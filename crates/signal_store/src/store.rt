ghost use Rattle.std.specs.Prelude.{◌≡◌, ◌<◌, ◌↔◌, IfOk, IsTrue, length, map, slice_set};
ghost use Rattle.java_values.specs.Kinds.{IsInRange};
ghost use Rattle.signal_store.specs.definitions.Registers.{kinds_of, numbers_of, zero_of, kind_at, number_at};

use java_values::{Kind, NoMemory, Value};
use std::alloc::Global;
use std::marker::Model;

/// One number for each register of a domain, in the register's kind.
#[derive(Drop)]
pub struct Store {
    registers: Vec<Value>,
}

impl Model for Store {
    ghost use Rattle.std.specs.Prelude.{List};
    ghost use Rattle.java_values.specs.Kinds.{TypedNumber};

    ghost Value = { List TypedNumber };

    ghost view = { λ s. s.registers.items };
}

// The value of a number that is in the kind's range.
fn value(kind: Kind, n: i64) -> Value
    requires { IsInRange kind n }
    ensures kind { result.kind ≡ kind }
    ensures number { result.number ≡ n }
{
    Value::new(kind, n).unwrap()
}

fn zero(kind: Kind) -> Value
    ensures { result ≡ zero_of kind }
{
    value(kind, 0)
}

impl Store {
    /// Registers of these kinds, each with the number 0. No other call takes memory.
    pub fn open(alloc: Global, kinds: &[Kind]) -> Result<Store, NoMemory>
        ensures { IfOk result (λ store. store ≡ map zero_of kinds.now) }
    {
        let mut registers = Vec::with_capacity(alloc, kinds.len())?;
        for &kind in kinds {
            registers.push(zero(kind))?;
        }
        Ok(Store { registers })
    }

    /// How many registers there are.
    pub fn len(&self) -> usize
        ensures { result ≡ length self.now }
    {
        self.registers.len()
    }

    /// Whether there is no register.
    pub fn is_empty(&self) -> bool
        ensures { IsTrue result ↔ (length self.now ≡ 0) }
    {
        self.registers.is_empty()
    }

    /// The kind of a register.
    pub fn kind(&self, at: usize) -> Kind
        requires { at < length self.now }
        ensures { result ≡ kind_at self.now at }
    {
        self.registers[at].kind()
    }

    /// The number of a register, which is in the register's kind.
    pub fn get(&self, at: usize) -> i64
        requires { at < length self.now }
        ensures number { result ≡ number_at self.now at }
        ensures range { IsInRange (kind_at self.now at) result }
    {
        self.registers[at].number()
    }

    /// Gives a register another number of its kind. All else stays.
    #[tactic(auto, using(crate::proofs::RegisterLemmas::setting))]
    pub fn set(&mut self, at: usize, n: i64)
        requires place { at < length self.old }
        requires range { IsInRange (kind_at self.old at) n }
        ensures numbers { numbers_of self.new ≡ slice_set (numbers_of self.old) at n }
        ensures kinds { kinds_of self.new ≡ kinds_of self.old }
    {
        self.registers[at] = value(self.registers[at].kind(), n);
    }
}
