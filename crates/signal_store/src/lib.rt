//! The numbers that a domain keeps from tick to tick, and the numbers that are handed in from outside.
#![tactic(auto)]

mod inputs;
mod laws;
mod store;

pub use inputs::Inputs;
pub use laws::threads_share_inputs;
pub use store::Store;

#[cfg(test)]
mod tests;
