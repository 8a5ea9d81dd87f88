// What threads may do with inputs.

ghost use Rattle.std.specs.Prelude.{◌≡◌};

use crate::inputs::Inputs;

fn shared<T: Sync>(item: &T) -> &T
    ensures { result.now ≡ item.now }
{
    item
}

/// Threads may share inputs, since they are `Sync`.
pub fn threads_share_inputs(inputs: &Inputs) -> &Inputs
    ensures { result.now ≡ inputs.now }
{
    shared(inputs)
}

---

All of the data, from the first line to the last, should be written out exactly.

filename crates/signal_store/src/store.rt
ghost use Rattle.std.specs.Prelude.{◌≡◌, ◌<◌, ◌↔◌, IfOk, IsTrue, length, map, slice_set};
ghost use Rattle.java_values.specs.Kinds.{IsInRange};
ghost use Rattle.signal_store.specs.definitions.Registers.{kinds_of, numbers_of, zero_of, kind_at, number_at};

use java_values::{Kind, NoMemory, Value};
use std::alloc::Global;
use std::marker::Model;

/// One number for each register of a domain, in the register's kind.
#[derive(Drop)]
pub struct Store {
    registers: Vec<Value>,
}

impl Model for Store {
    ghost use Rattle.std.specs.Prelude.{List};
    ghost use Rattle.java_values.specs.Kinds.{TypedNumber};

    ghost Value = { List TypedNumber };

    ghost view = { λ s. s.registers.items };
}

// The value of a number that is in the kind's range.
fn value(kind: Kind, n: i64) -> Value
    requires { IsInRange kind n }
    ensures kind { result.kind ≡ kind }
    ensures number { result.number ≡ n }
{
    Value::new(kind, n).unwrap()
}

fn zero(kind: Kind) -> Value
    ensures { result ≡ zero_of kind }
{
    value(kind, 0)
}

impl Store {
    /// Registers of these kinds, each with the number 0. No other call takes memory.
    pub fn open(alloc: Global, kinds: &[Kind]) -> Result<Store, NoMemory>
        ensures { IfOk result (λ store. store ≡ map zero_of kinds.now) }
    {
        let mut registers = Vec::with_capacity(alloc, kinds.len())?;
        for &kind in kinds {
            registers.push(zero(kind))?;
        }
        Ok(Store { registers })
    }

    /// How many registers there are.
    pub fn len(&self) -> usize
        ensures { result ≡ length self.now }
    {
        self.registers.len()
    }

    /// Whether there is no register.
    pub fn is_empty(&self) -> bool
        ensures { IsTrue result ↔ (length self.now ≡ 0) }
    {
        self.registers.is_empty()
    }

    /// The kind of a register.
    pub fn kind(&self, at: usize) -> Kind
        requires { at < length self.now }
        ensures { result ≡ kind_at self.now at }
    {
        self.registers[at].kind()
    }

    /// The number of a register, which is in the register's kind.
    pub fn get(&self, at: usize) -> i64
        requires { at < length self.now }
        ensures number { result ≡ number_at self.now at }
        ensures range { IsInRange (kind_at self.now at) result }
    {
        self.registers[at].number()
    }

    /// Gives a register another number of its kind. All else stays.
    #[tactic(auto, using(crate::proofs::RegisterLemmas::setting))]
    pub fn set(&mut self, at: usize, n: i64)
        requires place { at < length self.old }
        requires range { IsInRange (kind_at self.old at) n }
        ensures numbers { numbers_of self.new ≡ slice_set (numbers_of self.old) at n }
        ensures kinds { kinds_of self.new ≡ kinds_of self.old }
    {
        self.registers[at] = value(self.registers[at].kind(), n);
    }
}
filename crates/signal_store/src/lib.rt
//! The numbers that a domain keeps from tick to tick, and the numbers that are handed in from outside.
#![tactic(auto)]

mod inputs;
mod laws;
mod store;

pub use inputs::Inputs;
pub use laws::threads_share_inputs;
pub use store::Store;

#[cfg(test)]
mod tests;
repository 8a5ea9d81dd87f88
// What threads may do with inputs.

ghost use Rattle.std.specs.Prelude.{◌≡◌};

use crate::inputs::Inputs;

fn shared<T: Sync>(item: &T) -> &T
    ensures { result.now ≡ item.now }
{
    item
}

/// Threads may share inputs, since they are `Sync`.
pub fn threads_share_inputs(inputs: &Inputs) -> &Inputs
    ensures { result.now ≡ inputs.now }
{
    shared(inputs)
}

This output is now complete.